1.
Province of Oudomxay
Northern Laos is coined by mountainous surroundings with elevations between 300m and 1,800m above sea level. Rich in waterways, there are about sixty rivers leading through Oudomxay Province. The local population consists traditionally mostly of tribal people (Khmu, Lao Loum, Hmong and many others). In the last years more and more Chinese traders came into Laos and started businesses and settled down. So, a strong Chinese influence is also to see in Oudomxay/Muang Xay.

Muang Xay, the provincial capital, also frequently called Oudomxay, seen from the temple mountain. Image by Asienreisender, 2010
The province of Oudomxay lies in central north Laos, and it's province capital Muang Xay (also frequently called 'Oudomxay') is the main traffic hub for the north. Any traveller who comes from Luang Prabang and is heading further northwards can hardly avoid Muang Xay / Oudomxay, at least when travelling by busses. The northern places as Luang Namtha, Phongsali or even Huayxai (Bokeo Province) are accessable via Oudomxay. Also a road to Ban Pak Beng, which is going to be linked by a bridge to continue southwards to the border point of Muang Ngeun to Thailand's Nan Province starts in Oudomxay.

A typical Laotian bus (Made in China) from outside and from inside. That's all not looking too bad, for the bus is not yet overcrowded. On the way the vehicle stops multiple times and picks more new passengers up than others leave. They bring goods and animals with them and it gets more and more crammed...
Images and photocomposition by Asienreisender, 2010/2014
Nevertheless, few tourists or travellers stay here for a night or more, except they have to wait for a bus connection next morning. Others might come here to do mountain trekking, for the tourist industries started recently to offer guided tours, labelled as 'ecotourism'. Tourism is increasingly promoted in the last years by the Laotian authorities.
This whole part of Laos is very interesting and fascinating for Westerners from developed countries because it's just the opposite of what we know: it's pretty undeveloped. A great number of people here live like they did in previous centuries: in simple housings without electricity and supermarkets, in an agricultural subsistence economy. Many of the province's remote villages are isolated and have no road access. The traditional way to move around here was since the oldest times the waterways on the many rivers. Once a week some villagers come down to the valleys and sell their goods on local marketplaces, of whom Muang Xay is only one out of many.
Economy
The main agricultural product of the local economy is dry rice, mostly grown in the traditional way of slash-and-burn jungle slopes. Wet rice cultivation requires plains with an irrigation system. Oudomxay is not rich in such plains as the regions along the Mekong River are. The dry rice paddies usually have no irrigation system; they depend on rain.

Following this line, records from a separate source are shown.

ghost use Rattle.std.specs.Prelude.{◌≡◌};
ghost use Rattle.pb_types_fit.specs.Faults.{count_fault, is_too_large, extent_fault};

use crate::FitFault;
use crate::constants::value_of;
use pb_text::Place;
use pb_types::{Constant, Element, Extent};

/// The most bytes of a message: 1 GiB.
pub const MOST_BYTES: u32 = 1_073_741_824;

fn is_too_large(element: Element, count: u32) -> bool
    ensures { result ≡ is_too_large element count }
{
    u64::from(count) * u64::from(element.size()) > u64::from(MOST_BYTES)
}

// What is wrong with messages of so many elements.
fn count_fault(element: Element, count: u32, place: Place) -> Option<FitFault>
    ensures { result ≡ count_fault element count place }
{
    if count == 0 {
        return Some(FitFault::ZeroCount(place));
    }
    if is_too_large(element, count) {
        return Some(FitFault::TooLarge(place));
    }
    None
}

/// What is wrong with the count of a line.
pub fn extent_fault(constants: &[Constant], element: Element, extent: &Extent) -> Option<FitFault>
    ensures { result ≡ extent_fault constants.now element extent.now }
{
    match extent {
        Extent::One => None,
        Extent::Number { value, place } => count_fault(element, *value, *place),
        Extent::Constant(name) => match value_of(constants, name.name.bytes()) {
            Some(count) => count_fault(element, count, name.place),
            None => Some(FitFault::UnknownConstant(name.place)),
        },
        Extent::Open => None,
    }
}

Inside a street restaurant in Muang La. Dough is fried on an open fire, burned with coal or firewood from the surrounding forests. The baked pieces are pretty fat respectively oily. Sometimes they are filled with fruits or anything else, but normally not. The paste is made of rice flour. Images and photocomposition by Asienreisender, 2010/2014
Apart from rice there is corn, soy, vegetables, fruits, maniok, coffee, sugar cane, tobacco, cotton, tea and peanuts produced in Oudomxay's soil. Some of the products are merely cultivated as cash crops for the export industries. Oh, one shouldn't forget the traditional poppy cultivation. Oudomxay is part of the greater Golden Triangle and therefore famous for opium (and later heroin) production.
As everywhere in rural Laos water buffalos, pigs, cattle, chicken, ducks and other livestock is kept. Together with river fish it makes part of the local economy and particularly provides the protein sources for the people.
Gathering and hunting in the forests is still common here. Though, of the riches of the natural habitats are only estimated 12% of the forests still primary rainforest, while 48% are secondary forest. Another part is plantation economy, means monocultures of teakwood, rubber and other timber.
However, Laos lacks the industries for processing the agricultural products. That leads to a dependency to foreign, namely Chinese industries, who buy the products and refine them. The ready-products might be reimported then partially.
The mountains of Oudomxay also provide a number of minerals.
By the way: the village Ban Pak Beng, actually a stopover at the banks of the Mekong River, is also situated in Oudomxay Province.

Rice corns exposed to the sun for drying. Rice is the food basic in all the Southeast Asian countries as it is wheat in the west. A great part of the people are rice farmers. Alledgedly there are some 4,000 different kinds of rice cultivated in Laos. In Oudomxay Province it's mostly dry rice.